◆ Task brief
No line before the one containing "is as it was." is to be output; retype exactly that line and all lines that follow it to the end of the records.

Dataset entries
________
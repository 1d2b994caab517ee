// A sheet from standard input, its fleet as text (see the library `fleet_text`) to standard output; or the number of the refusal to
// standard error, and nothing to standard output.
#![tactic(auto)]

ghost use Rattle.std.specs.Prelude.{◌≡◌, length};
ghost use Rattle.sheet.specs.Reading.{reading};
ghost use Rattle.streams.specs.Input.{Within};
ghost use Rattle.sheet_to_text.specs.Converting.{text_answer, text_after, TextWithin};

use fleet::Answer;
use std::io;
use std::io::{Read, Write};

// Puts the text of a sheet's fleet at the front of the array, and says how long it is; or refuses, and the array is as it was.
fn convert(sheet: &[u8], text: &mut [u8; fleet_text::FLEET_TEXT]) -> Answer
    ensures value { result ≡ text_answer (reading sheet.now) }
    ensures text_after { text.new ≡ text_after (reading sheet.now) text.old }
    ensures text_within { TextWithin result (length text.new) }
{
    let mut pairs = [0u16; fleet::Fleet::NODES];
    let read = sheet::read(sheet, &mut pairs);
    match read {
        Answer::Refused(number) => Answer::Refused(number),
        Answer::Done(nodes) => fleet_text::print(&pairs[..nodes], text),
    }
}

// Reads as much of standard input as decides any sheet. The length of the array is that much by its type.
fn read_input(reader: &mut impl Read, input: &mut [u8; fleet::Fleet::SHEET]) -> io::Result<usize>
    ensures { Within result (length input.new) }
{
    streams::read(reader, input)
}

// Writes the text of a sheet, or its refusal.
fn answer(out: &mut impl Write, error: &mut impl Write, sheet: &[u8]) {
    let mut text = [0u8; fleet_text::FLEET_TEXT];
    let converted = convert(sheet, &mut text);
    match converted {
        Answer::Done(size) => {
            if out.write_all(&text[..size]).is_err() {
                streams::not_written(error);
            }
        }
        Answer::Refused(number) => {
            let mut line = [0u8; lines::LINE];
            let len = lines::refusal_line(number, &mut line);
            let _ = error.write_all(&line[..len]);
        }
    }
}

fn main(rt: HostRuntime) {
    let mut input = [0u8; fleet::Fleet::SHEET];
    match read_input(&mut rt.stdin(), &mut input) {
        Ok(size) => answer(&mut rt.stdout(), &mut rt.stderr(), &input[..size]),
        Err(_) => streams::not_read(&mut rt.stderr()),
    }
}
________
◆ Solution for this problem
// Puts the text of a sheet's fleet at the front of the array, and says how long it is; or refuses, and the array is as it was.
fn convert(sheet: &[u8], text: &mut [u8; fleet_text::FLEET_TEXT]) -> Answer
    ensures value { result ≡ text_answer (reading sheet.now) }
    ensures text_after { text.new ≡ text_after (reading sheet.now) text.old }
    ensures text_within { TextWithin result (length text.new) }
{
    let mut pairs = [0u16; fleet::Fleet::NODES];
    let read = sheet::read(sheet, &mut pairs);
    match read {
        Answer::Refused(number) => Answer::Refused(number),
        Answer::Done(nodes) => fleet_text::print(&pairs[..nodes], text),
    }
}

// Reads as much of standard input as decides any sheet. The length of the array is that much by its type.
fn read_input(reader: &mut impl Read, input: &mut [u8; fleet::Fleet::SHEET]) -> io::Result<usize>
    ensures { Within result (length input.new) }
{
    streams::read(reader, input)
}

// Writes the text of a sheet, or its refusal.
fn answer(out: &mut impl Write, error: &mut impl Write, sheet: &[u8]) {
    let mut text = [0u8; fleet_text::FLEET_TEXT];
    let converted = convert(sheet, &mut text);
    match converted {
        Answer::Done(size) => {
            if out.write_all(&text[..size]).is_err() {
                streams::not_written(error);
            }
        }
        Answer::Refused(number) => {
            let mut line = [0u8; lines::LINE];
            let len = lines::refusal_line(number, &mut line);
            let _ = error.write_all(&line[..len]);
        }
    }
}

fn main(rt: HostRuntime) {
    let mut input = [0u8; fleet::Fleet::SHEET];
    match read_input(&mut rt.stdin(), &mut input) {
        Ok(size) => answer(&mut rt.stdout(), &mut rt.stderr(), &input[..size]),
        Err(_) => streams::not_read(&mut rt.stderr()),
    }
}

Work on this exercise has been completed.